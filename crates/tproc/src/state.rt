//! All of a processor but its memory.

ghost use Rattle.tproc.specs.Priorities.{number};
ghost use Rattle.tproc.specs.Machine as spec;
ghost use Rattle.std.specs.Prelude.{◌≡◌, ◌+◌, ◌<◌, ◌||◌, ◌==◌, not, nat_le, true, option_map, Some, IfOk, length};
ghost use Rattle.tproc.specs.LinkChannels.{link_end, with_link};
ghost use Rattle.tproc.specs.Machine.{workspace_of};
ghost use Rattle.tproc.specs.Queues.{at_rest, suspended, resumed};
ghost use Rattle.tproc.specs.Scheduler.{counted, counted_by};
ghost use Rattle.tproc.specs.Opening.{no_processes};
ghost use Rattle.tproc.specs.Resting.{is_idle};
ghost use Rattle.tproc.specs.Agreement.{IsOwn, RunsAt, StillAgrees, is_over};
ghost use Rattle.tproc.specs.Runs.{RunsAlone};
ghost use Rattle.tproc.specs.Stretches.{alone_for};

use crate::descheduled::Descheduled;
use crate::offer::Offer;
use crate::priority::Priority;
use crate::waiter::{LinkEnd, Suspended};
use std::alloc::{AllocError, Global};
use std::marker::Model;
use tcode::Operation;
use tcpu::Registers;
use tword::{Kind, Word};

/// A processor without its memory.
#[derive(Drop)]
pub struct State {
    pub registers: Registers,
    /// The priority of the process that runs, if one does.
    pub current: Option<Priority>,
    pub count: u32,
    pub interrupted: Option<Suspended>,
    /// The processes that are queued or wait.
    pub descheduled: Descheduled,
    pub links: [LinkEnd; 4],
    pub timeslice: u32,
    /// The kind of the node.
    pub kind: Kind,
    pub halted: bool,
}

impl Model for State {
    ghost use Rattle.std.specs.Prelude.{option_map};
    ghost use Rattle.tproc.specs.Machine.{Control};
    ghost use Rattle.tproc.specs.Priorities.{number};

    ghost Value = { Control };

    ghost view = { λ s. record {
      registers = s.registers;
      current = option_map number s.current;
      count = s.count;
      interrupted = s.interrupted;
      high = s.descheduled.high;
      low = s.descheduled.low;
      waiting = s.descheduled.waiting;
      links = s.links;
      timeslice = s.timeslice;
      kind = s.kind;
      halted = s.halted;
    } };
}

/// A link where nothing is pending, noticed or remembered.
const QUIET: LinkEnd = LinkEnd {
    output: None,
    input: None,
    noticed: false,
    remembered: None,
};

/// The workspace of a descriptor.
#[inline]
pub fn workspace_of(process: Word) -> Word
    ensures { result ≡ spec.workspace_of process }
{
    Word::new(process.get() - process.get() % 2)
}

impl State {
    /// No process, nothing pending and both flags clear, on a node of a kind, with room for all processes that may live
    /// in a memory of `size` bytes.
    ///
    /// # Errors
    /// Where the allocator refuses.
    pub fn new(alloc: Global, size: u32, timeslice: u32, kind: Kind) -> Result<State, AllocError>
        ensures { IfOk result (λ s. s ≡ no_processes timeslice kind) }
    {
        let zero = Word::new(0);
        let descheduled = Descheduled::new(alloc, size)?;
        Ok(State {
            registers: Registers {
                a: zero,
                b: zero,
                c: zero,
                iptr: zero,
                wptr: zero,
                error: false,
                halt_on_error: false,
            },
            current: None,
            count: 0,
            interrupted: None,
            descheduled,
            links: [QUIET; 4],
            timeslice,
            kind,
            halted: false,
        })
    }

    /// A copy of the state, with the same room.
    ///
    /// # Errors
    /// Where the allocator refuses.
    pub fn try_copy(&self, alloc: Global) -> Result<State, AllocError>
        ensures { IfOk result (λ s. s ≡ self.now) }
    {
        let descheduled = self.descheduled.try_copy(alloc)?;
        let mut links = [QUIET; 4];
        links.copy_from_slice(&self.links);
        Ok(State {
            registers: self.registers,
            current: self.current,
            count: self.count,
            interrupted: self.interrupted,
            descheduled,
            links,
            timeslice: self.timeslice,
            kind: self.kind,
            halted: self.halted,
        })
    }

    /// The registers of the process that runs.
    #[inline(always)]
    pub fn registers(&self) -> Registers
        ensures { result ≡ self.now.registers }
    {
        self.registers
    }

    /// The workspace of the process that runs.
    #[inline(always)]
    pub fn wptr(&self) -> Word
        ensures { result ≡ self.now.registers.wptr }
    {
        self.registers.wptr
    }

    /// The priority of the process that runs, if one does.
    #[inline(always)]
    pub fn current(&self) -> Option<Priority>
        ensures { option_map number result ≡ self.now.current }
    {
        self.current
    }

    /// How many instructions the process that runs has done since it was dispatched.
    #[inline(always)]
    pub fn count(&self) -> u32
        ensures { result ≡ self.now.count }
    {
        self.count
    }

    /// The low process that a high one interrupted, if one did.
    #[inline(always)]
    pub fn interrupted(&self) -> Option<Suspended>
        ensures { result ≡ self.now.interrupted }
    {
        self.interrupted
    }

    /// Whether an instruction has halted the processor.
    #[inline(always)]
    pub fn is_halted(&self) -> bool
        ensures { result ≡ self.now.halted }
    {
        self.halted
    }

    /// Whether no low process is queued.
    #[inline(always)]
    pub fn is_low_empty(&self) -> bool
        ensures { result ≡ (length self.now.low == 0) }
    {
        self.descheduled.is_low_empty()
    }

    /// Whether the process that runs has done as many instructions as a timeslice has.
    #[inline(always)]
    pub fn is_slice_over(&self) -> bool
        ensures { result ≡ nat_le self.now.timeslice self.now.count }
    {
        self.timeslice <= self.count
    }

    /// The timeslice of the process that runs begins again.
    #[inline(always)]
    pub fn restart_count(&mut self)
        ensures done { self.new ≡ record self.old { count = 0 } }
        ensures agrees { StillAgrees self.old self.new }
    {
        self.count = 0;
    }

    /// The processor halts.
    #[inline(always)]
    pub fn halt(&mut self)
        ensures done { self.new ≡ record self.old { halted = true } }
        ensures agrees { StillAgrees self.old self.new }
    {
        self.halted = true;
    }

    /// The descriptor of the process that runs.
    #[tactic(auto, using(crate::proofs::Agreeing::own_workspace, crate::proofs::Places::place_running))]
    #[inline]
    pub fn own(&self, priority: Priority) -> Word
        requires { RunsAt (number priority) self.now }
        ensures is { result ≡ self.now.registers.wptr + (number priority) }
        ensures own { IsOwn result self.now }
    {
        Word::new(self.registers.wptr.get() + u32::from(priority.number()))
    }

    /// The process goes on with these registers.
    #[inline]
    pub fn go(&mut self, registers: Registers)
        ensures done { self.new ≡ record self.old { registers = registers } }
        ensures agrees { StillAgrees self.old self.new }
    {
        self.registers = registers;
    }

    /// A process runs from its beginning on, with the flags as they are.
    pub fn begin(&mut self, workspace: Word, iptr: Word, priority: Priority)
        ensures done { self.new ≡ record self.old {
          registers =
              record self.old.registers { a = 0; b = 0; c = 0; iptr = iptr; wptr = workspace };
          current =
              Some (number priority);
          count = 0;
        } }
        ensures agrees { StillAgrees self.old self.new }
    {
        let zero = Word::new(0);
        self.registers = Registers {
            a: zero,
            b: zero,
            c: zero,
            iptr,
            wptr: workspace,
            ..self.registers
        };
        self.current = Some(priority);
        self.count = 0;
    }

    /// The interrupted process runs again.
    pub fn resume(&mut self, kept: &Suspended)
        ensures done { self.new ≡ resumed kept.now self.old }
        ensures agrees { StillAgrees self.old self.new }
    {
        self.registers = kept.registers;
        self.current = Some(Priority::Low);
        self.count = kept.count;
        self.interrupted = None;
    }

    /// The low process that runs is interrupted.
    pub fn suspend(&mut self)
        ensures done { self.new ≡ suspended self.old }
        ensures agrees { StillAgrees self.old self.new }
    {
        self.interrupted = Some(Suspended {
            registers: self.registers,
            count: self.count,
        });
    }

    /// No process runs any more.
    pub fn rest(&mut self)
        ensures done { self.new ≡ at_rest self.old }
        ensures agrees { StillAgrees self.old self.new }
    {
        let zero = Word::new(0);
        self.registers = Registers {
            a: zero,
            b: zero,
            c: zero,
            iptr: zero,
            wptr: zero,
            ..self.registers
        };
        self.current = None;
        self.count = 0;
    }

    /// Registers and count are set back.
    pub fn take_back(&mut self, registers: Registers, count: u32)
        ensures done { self.new ≡ record self.old { registers = registers; count = count } }
        ensures agrees { StillAgrees self.old self.new }
    {
        self.registers = registers;
        self.count = count;
    }

    /// The state of a link.
    #[inline]
    pub fn link(&self, link: u8) -> LinkEnd
        requires { link < 4 }
        ensures { result ≡ link_end self.now link }
    {
        self.links[usize::from(link)]
    }

    /// The pending output of a link, if the link is there and has one.
    #[inline]
    pub fn output(&self, link: u8) -> Option<Offer>
        ensures { result ≡ (link_end self.now link).output }
    {
        self.links.get(usize::from(link))?.output
    }

    /// The pending input of a link, if the link is there and has one.
    #[inline]
    pub fn input(&self, link: u8) -> Option<Offer>
        ensures { result ≡ (link_end self.now link).input }
    {
        self.links.get(usize::from(link))?.input
    }

    /// Whether a process runs or can be dispatched, and the processor has not halted.
    #[inline]
    pub fn can_run(&self) -> bool
        ensures { result ≡ not (self.now.halted || is_idle self.now) }
    {
        let is_idle = self.current.is_none()
            && self.descheduled.is_high_empty()
            && self.interrupted.is_none()
            && self.descheduled.is_low_empty();
        !(self.halted || is_idle)
    }

    /// A link is set.
    pub fn set_link(&mut self, link: u8, end: LinkEnd)
        requires { link < 4 }
        ensures { self.new ≡ with_link link end self.old }
    {
        self.links[usize::from(link)] = end;
    }

    /// The count of a low process rises, up to the timeslice.
    #[inline]
    pub fn count_one(&mut self, priority: Priority)
        ensures done { self.new ≡ counted (number priority) self.old }
        ensures agrees { StillAgrees self.old self.new }
    {
        match priority {
            Priority::High => {}
            Priority::Low => {
                self.count = u32::min(self.count.saturating_add(1), self.timeslice);
            }
        }
    }

    /// `count` instructions of a process that runs alone are counted, if it is low.
    #[inline]
    pub fn count_alone(&mut self, priority: Priority, count: u32)
        requires { RunsAlone (number priority) count self.old }
        ensures done { self.new ≡ alone_for (number priority) count self.old }
        ensures agrees { StillAgrees self.old self.new }
    {
        match priority {
            Priority::High => {}
            Priority::Low => {
                prove!(u64::from(self.count) + u64::from(count) < u64::from(self.timeslice));
                self.count += count;
            }
        }
    }

    /// The priority of the process that runs, and how many instructions it does before another may run: none
    /// where no process runs.
    #[inline]
    pub fn stretch(&self) -> (Priority, u32)
        ensures { 0 < result.1 → RunsAlone (number result.0) result.1 self.now }
    {
        if self.halted {
            return (Priority::High, 0);
        }
        match self.current {
            None => (Priority::High, 0),
            Some(Priority::High) => (Priority::High, u32::MAX),
            Some(Priority::Low) => {
                let left = self.timeslice.saturating_sub(self.count).saturating_sub(1);
                if self.descheduled.is_high_empty() {
                    (Priority::Low, left)
                } else {
                    (Priority::Low, 0)
                }
            }
        }
    }

    /// The count after an operation of the scheduler.
    pub fn count_by(&mut self, operation: Operation, priority: Priority)
        ensures done { self.new ≡ counted_by operation (number priority) self.old }
        ensures agrees { StillAgrees self.old self.new }
    {
        match operation {
            Operation::Endp => {}
            _ => self.count_one(priority),
        }
    }

    /// Whether the timeslice of a process is over, once this jump is counted, and another low one is queued.
    #[inline]
    pub fn will_be_over(&self, priority: Priority) -> bool
        ensures { result ≡ is_over (number priority) (counted (number priority) self.now) }
    {
        match priority {
            Priority::High => false,
            Priority::Low => self.timeslice
                <= u32::min(self.count.saturating_add(1), self.timeslice)
                && !self.descheduled.is_low_empty(),
        }
    }
}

━━━━━━━━━━

Write out the material above exactly, please, from its first line up to and including the line where "use crate::offer::Offer;" appears, and stop there.

### [ANSWER SECTION]
filename crates/tproc/src/state.rt
//! All of a processor but its memory.

ghost use Rattle.tproc.specs.Priorities.{number};
ghost use Rattle.tproc.specs.Machine as spec;
ghost use Rattle.std.specs.Prelude.{◌≡◌, ◌+◌, ◌<◌, ◌||◌, ◌==◌, not, nat_le, true, option_map, Some, IfOk, length};
ghost use Rattle.tproc.specs.LinkChannels.{link_end, with_link};
ghost use Rattle.tproc.specs.Machine.{workspace_of};
ghost use Rattle.tproc.specs.Queues.{at_rest, suspended, resumed};
ghost use Rattle.tproc.specs.Scheduler.{counted, counted_by};
ghost use Rattle.tproc.specs.Opening.{no_processes};
ghost use Rattle.tproc.specs.Resting.{is_idle};
ghost use Rattle.tproc.specs.Agreement.{IsOwn, RunsAt, StillAgrees, is_over};
ghost use Rattle.tproc.specs.Runs.{RunsAlone};
ghost use Rattle.tproc.specs.Stretches.{alone_for};

use crate::descheduled::Descheduled;
use crate::offer::Offer;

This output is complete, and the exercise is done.